A lifetime of activity in the LDS Church provides more than just an average knowledge with “The Pearl of Great Price.” You become very well versed in the urban legends of Mormonism. One of the favorite urban legends I heard growing up in Southern California LDS wards was that the late, great director Cecil B. DeMille (“The 10 Commandments”) wanted to make a movie about the Book of Alma in “The Book of Mormon.”
If you’ve never heard of Cecil B. DeMille, that’s OK. In the last decade or so, I’ve heard a variation on the DeMille/Alma story. It’s actually the great, living director Steven Spielberg who wants to make a movie based on the book of Alma. If you haven’t heard of Spielberg, maybe it will be director Peter Jackson who wants to Alma on the big screen?
The only big-screen film version of “The Book of Mormon” I’ve seen is the low-budget, mediocre “Book of Mormon Movie Part I,” which should have been subtitled “Beach Blanket Lehi” for all its depth. True confession: I own that film, and have watched it a few times. The dialogue is so bad that I have a hard time believing that my church would have wanted the production company to make the film. I guess that means that “The Book of Mormon” is in the public domain, like other classics such as Mary Shelly’s “Frankenstein” or George A. Romero’s film “Night of the Living Dead.” That must be the reason so many cheap cartoonish versions of Alma are available through Living Scriptures, Liken the Scriptures or the LDS Church Distribution Center.
Back to Mormon urban legends: There’s a fun website, holyfetch.com, that tries to decipher all the Mormon legends out there. It doesn’t get them all, since there is no listing for DeMille, Spielberg, Alma, etc., but the site claims an answer to the big “is Alice Cooper a Mormon” debate. I’ve been hearing this one since I was old enough to know who Alice Cooper was. The answer, according to holyfetch, is … a sort of yes. You see Cooper, whose real name is Vincent Furnier, has a dad named Ether Moroni. With a name like that, right … RIGHT. The Furniers belong to an obscure Mormon castoff sect called The Bickertonite Church, also known as The Church of Christ. The church claims The Book of Mormon as its own scripture.
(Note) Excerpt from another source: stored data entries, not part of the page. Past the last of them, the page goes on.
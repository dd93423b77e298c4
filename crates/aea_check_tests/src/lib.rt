//! Tests of whole checks: reports that `verify` judges, against worked examples and against a plain judge of the tests, and
//! what `explain` says of single blocks, against drills and plain sums.
#![tactic(auto)]

#[cfg(test)]
mod archives;
#[cfg(test)]
mod changed;
#[cfg(test)]
mod changes;
#[cfg(test)]
mod examples;
#[cfg(test)]
mod explained;
#[cfg(test)]
mod lines;
#[cfg(test)]
mod plain;
#[cfg(test)]
mod refusals;
#[cfg(test)]
mod shapes;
There’s very few members of this “Mormon” church, and I doubt Cooper attends, but dad Ether Moroni was an elder in the Bickertonites and, get this, holyfetch says Cooper’s grandad was an apostle in The Bickertonite Church. Now that’s a religious pedigree to be proud of!
There are more questions answered on the site. You can “find out” if Elvis read “The Book of Mormon” or if the late LDS Church President Spencer W. Kimball was the model for “Star Wars’” Yoda.